We can replicate the GBD continuous time discounting approach using the discrete time formula by converting the discount rate \(r\) using \(r' = exp(r)-1\) Larson (2013). We then plug \(r'\) into the discrete time discounting formula and simplify to obtain a discounting factor of \((\frac{1}{1+e^{r}})^t-1=\frac{1}{1+e^{rt}-1}=\frac{1}{e^{rt}}=e^{-rt}\), which is exactly the discounting factor used above.
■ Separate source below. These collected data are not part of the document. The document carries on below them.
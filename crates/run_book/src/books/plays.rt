//! A list of steps, which are taken one after another.

ghost use Rattle.std.specs.Prelude.{◌≡◌, ◌+◌, ◌≤◌, length, vec_capacity, vec_len};
ghost use Rattle.run_model.specs.declared.answers.Reply.TheVariants as reply;
ghost use Rattle.run_model.specs.Session.{replied};
ghost use Rattle.run_session.specs.Lasting.{Stays};
ghost use Rattle.book_model.specs.Books.{CarriesOn};
ghost use Rattle.book_model.specs.Steps.{AnswersStep, PlaysInto, reply_of_save};

use super::Book;
use run_disk::RunDisk;
use run_model::{Answer, Refusal, Reply, Started, Step, Trouble};
use std::alloc::Allocator;

impl<D: RunDisk, A: Allocator> Book<D, A> {
    /// Takes the steps in order, and appends one reply for each of them to `replies`, whose
    /// capacity must suffice. After a failure of the device each step is refused as `Broken`.
    pub fn play<B: Allocator>(&mut self, steps: &[Step], replies: &mut Vec<Reply, B>)
        requires room { vec_len replies.old + length steps.now ≤ vec_capacity replies.old }
        ensures plays { PlaysInto D.state self.old steps.now replies.old.items
            self.new replies.new.items }
        ensures capacity { vec_capacity replies.new ≡ vec_capacity replies.old }
        ensures carries_on { CarriesOn D.state self.old self.new }
        ensures stays { Stays self.old.session.state self.new.session.state }
    {
        let _durable = self.durable();
        for step in steps {
            let reply = self.step(step);
            replies.push_reserved(reply);
        }
    }

    /// Takes one step, and replies as the call with its name does. A broken book refuses it as
    /// `Broken`.
    pub fn step(&mut self, step: &Step) -> Reply
        ensures answers { AnswersStep D.state self.old step.now result self.new }
        ensures carries_on { CarriesOn D.state self.old self.new }
        ensures stays { Stays self.old.session.state self.new.session.state }
    {
        let _state = self.state();
        match step {
            Step::Command(call) => reply_to_command(self.command(call)),
            Step::Start => reply_to_start(self.start()),
            Step::Finish(task, outcome) => reply_to_finish(self.finish(*task, outcome)),
            Step::Flush => reply_to_save(self.flush()),
            Step::Checkpoint => reply_to_save(self.checkpoint()),
        }
    }
}

fn reply_to_command(answer: Result<Answer, Refusal>) -> Reply
    ensures { result ≡ replied reply.Answer answer }
{
    match answer {
        Ok(answer) => Reply::Answer(answer),
        Err(refusal) => Reply::Refused(refusal),
    }
}

fn reply_to_start(answer: Result<Started, Refusal>) -> Reply
    ensures { result ≡ replied reply.Started answer }
{
    match answer {
        Ok(started) => Reply::Started(started),
        Err(refusal) => Reply::Refused(refusal),
    }
}

fn reply_to_finish(answer: Result<u64, Refusal>) -> Reply
    ensures { result ≡ replied reply.Finished answer }
{
    match answer {
        Ok(number) => Reply::Finished(number),
        Err(refusal) => Reply::Refused(refusal),
    }
}

fn reply_to_save(answer: Result<u64, Trouble>) -> Reply
    ensures { result ≡ reply_of_save answer }
{
    match answer {
        Ok(number) => Reply::Acked(number),
        Err(Trouble::Refused(refusal)) => Reply::Refused(refusal),
        Err(Trouble::Faulty(fault)) => Reply::Faulty(fault),
    }
}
It follows trivially, then, that we obtain the same answer as above:

In [7]:
v_disc_h = 
  1/exp(params1$r_v_disc_c*(0:(params$omega)))

# YLD
yld_ = with(params1,(matrix(c(0,
              dw_S1 * Delta_t * (1/r_v_disc_h_Delta_t) * (1 - exp(-r_v_disc_h_Delta_t)) ,
              0,
              0),
            dimnames = list(c(
                c(v_tr_names,v_ab_names)
            ), c("DW")))
))
yld_ <- 
  with(params1,{
    v_tx_names %>% map(~({
         yld_
    }))
  }) %>% 
  set_names(params1$v_tx_names)

YLDt <- 
   with(params1, {
    v_tx_names %>% map( ~ ({
      P = m_P[[.x]]
      occ <- v_s0T
      d <- yld_[[.x]]
      out <- 0
      P %>% map(~({
        occ <<- occ %*% .x 
        out <<-  occ %*% d
      })) %>% 
        map(~(data.frame(.x))) %>% 
        bind_rows()
    }))
  })  %>% 
  set_names(params1$v_tx_names)
YLD = YLDt %>% map(~sum(.x*  v_disc_h * gen_wcc(params1$omega, method = "none")))

# YLL
new_deaths_from_disease <- 
    map(trace1,~({
        c(0,diff(.x[,"DS"]))
    })) 

remaining_life_expectancy <- 
    with(params1,(1/r_v_disc_h) * (1 - exp(-r_v_disc_h * f_ExR(ages_trace))))
    
YLLt <- 
    new_deaths_from_disease %>% map(~(.x * remaining_life_expectancy ))

YLL <- 
    YLLt %>% map(~(sum(.x * v_disc_h * gen_wcc(params1$omega,method = params1$cycle_correction))))

DALY <- 
    map2(YLL,YLD,~(.x + .y))
DALY
$FRH
[1] 21.16596
Fox-Rushby, Ja, and K Hanson. 2001. “Calculating and Presenting Disability Adjusted Life Years (DALYs) in Cost-Effectiveness Analysis.” Health Policy and Planning 16 (3): 326–31. https://doi.org/10.1093/heapol/16.3.326.
Larson, Bruce A. 2013. “Calculating Disability-Adjusted-Life-Years Lost (DALYs) in Discrete-Time.” Cost Effectiveness and Resource Allocation 11 (1): 1–6.